» TASK ITEM
Determine the number of lines in these entries that hold the word "taken". Give the number and nothing more.
::: MATERIAL PROVIDED
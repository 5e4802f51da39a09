// What is written of the steps of a picked run.
ghost use Rattle.std.specs.Prelude.{◌≡◌, ◌≤◌, IfOk, OnOk, OnErr, Err};
ghost use Rattle.std.specs.Io.KnownBytes.{Appends};
ghost use Rattle.pict_outside.specs.Counts.{Rose};
ghost use Rattle.pict_outside.specs.Bytes.{AppendsFront};
ghost use Rattle.pict_heap.specs.HeapState.{HeapState};
ghost use Rattle.pict_machine.specs.Events.{IsEventOf, label_of};
ghost use Rattle.pict_picker.specs.Events as dids;
ghost use Rattle.pict_picker.specs.Events.{IsDidOf};
ghost use Rattle.pict_replay.specs.Files.{choice_text};
ghost use Rattle.pict_top.specs.Notes.{place_of, step_text, note_text};

use crate::form::Form;
use crate::print::{print_event, write_some};
use pict_heap::Heap;
use pict_machine::{Event, RunError};
use pict_outside::Sink;
use pict_picker::Did;
use pict_show::write_decimal;
use pict_syntax::Names;
use pict_trace::line;
use std::alloc::{AllocError, Global};

/// A choice: which of the ready processes steps, and with which of its partners, each counted from 0.
#[derive(Clone, Copy, Debug, PartialEq, Eq)]
pub struct Place {
    /// The number of the ready process.
    pub ready: u64,
    /// The number of the partner; 0 where there is none.
    pub partner: u64,
}

/// What is written of each step of a picked run.
#[derive(Clone, Copy, Debug, PartialEq, Eq)]
pub enum Note {
    /// The choice, as a line.
    Choice,
    /// What the step shows, in this form.
    Shown(Form),
}

/// Makes one write of what is written of a step, and none where that is nothing. The words of the step are those of the heap.
pub fn write_note<O: Sink>(
    alloc: Global,
    note: Note,
    names: &Names,
    heap: &Heap,
    place: Place,
    number: u64,
    did: &Did,
    out: &mut O,
) -> Result<(), RunError>
    requires { IsDidOf heap.now did.now }
    ensures all { OnOk result (Appends (O.taken out.old) (O.taken out.new)
        (note_text note names.now (place_of place) number (dids.label_of heap.now did.now))) }
    ensures part { OnErr result (AppendsFront (O.taken out.old) (O.taken out.new)
        (note_text note names.now (place_of place) number (dids.label_of heap.now did.now))) }
    ensures sink { result ≡ Err RunError.Sink → Rose (O.faults out.old) (O.faults out.new) }
    ensures faults_stay { O.faults out.old ≤ O.faults out.new }
{
    match note {
        Note::Choice => write_choice(alloc, place, out),
        Note::Shown(form) => {
            let event = event_of(did);
            write_shown(alloc, form, names, heap, number, &event, out)
        }
    }
}

/// Makes one write of the line of a choice.
fn write_choice<O: Sink>(alloc: Global, place: Place, out: &mut O) -> Result<(), RunError>
    ensures all { OnOk result (Appends (O.taken out.old) (O.taken out.new) (choice_text (place_of place))) }
    ensures part { OnErr result (AppendsFront (O.taken out.old) (O.taken out.new) (choice_text (place_of place))) }
    ensures sink { result ≡ Err RunError.Sink → Rose (O.faults out.old) (O.faults out.new) }
    ensures faults_stay { O.faults out.old ≤ O.faults out.new }
{
    match choice_line(alloc, place) {
        Err(AllocError) => Err(RunError::Memory),
        Ok(line) => write_some(out, &line),
    }
}

/// The line of a choice. The only error is want of memory.
fn choice_line(alloc: Global, place: Place) -> Result<Vec<u8>, AllocError>
    ensures { IfOk result (λ line. line.items ≡ choice_text (place_of place)) }
{
    let mut line = Vec::new(alloc);
    write_decimal(&mut line, place.ready)?;
    line.push(b' ')?;
    write_decimal(&mut line, place.partner)?;
    line.push(b'\n')?;
    Ok(line)
}

/// Makes one write of what a step shows, in this form, and none where that is nothing.
fn write_shown<O: Sink>(
    alloc: Global,
    form: Form,
    names: &Names,
    heap: &Heap,
    number: u64,
    event: &Event,
    out: &mut O,
) -> Result<(), RunError>
    requires { IsEventOf heap.now event.now }
    ensures all { OnOk result (Appends (O.taken out.old) (O.taken out.new) (step_text form names.now number (label_of heap.now event.now))) }
    ensures part { OnErr result (AppendsFront (O.taken out.old) (O.taken out.new) (step_text form names.now number (label_of heap.now event.now))) }
    ensures sink { result ≡ Err RunError.Sink → Rose (O.faults out.old) (O.faults out.new) }
    ensures faults_stay { O.faults out.old ≤ O.faults out.new }
{
    match form {
        Form::Printed => print_event(out, heap, event),
        Form::Line => write_line(alloc, names, heap, number, event, out),
    }
}

/// Makes one write of the line of what a step shows, and none where that is nothing.
fn write_line<O: Sink>(
    alloc: Global,
    names: &Names,
    heap: &Heap,
    number: u64,
    event: &Event,
    out: &mut O,
) -> Result<(), RunError>
    requires { IsEventOf heap.now event.now }
    ensures all { OnOk result (Appends (O.taken out.old) (O.taken out.new) (step_text Form.Line names.now number (label_of heap.now event.now))) }
    ensures part { OnErr result (AppendsFront (O.taken out.old) (O.taken out.new) (step_text Form.Line names.now number (label_of heap.now event.now))) }
    ensures sink { result ≡ Err RunError.Sink → Rose (O.faults out.old) (O.faults out.new) }
    ensures faults_stay { O.faults out.old ≤ O.faults out.new }
{
    match event {
        Event::Quiet | Event::Trapped(_) => Ok(()),
        _ => match line(alloc, names, heap, number, event) {
            Err(AllocError) => Err(RunError::Memory),
            Ok(line) => write_some(out, &line),
        },
    }
}

/// What a step of a picker shows, as the event of a machine.
fn event_of(did: &Did) -> Event
    ensures label { (h : HeapState) → label_of h result ≡ dids.label_of h did.now }
    ensures event { (h : HeapState) → IsDidOf h did.now → IsEventOf h result }
{
    match did {
        Did::Quiet => Event::Quiet,
        Did::Comm { channel, value } => Event::Comm {
            channel: *channel,
            value: *value,
        },
        Did::Print(word) => Event::Print(*word),
        Did::Trapped(at) => Event::Trapped(*at),
    }
}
::::::
» COMPLETED TASK
8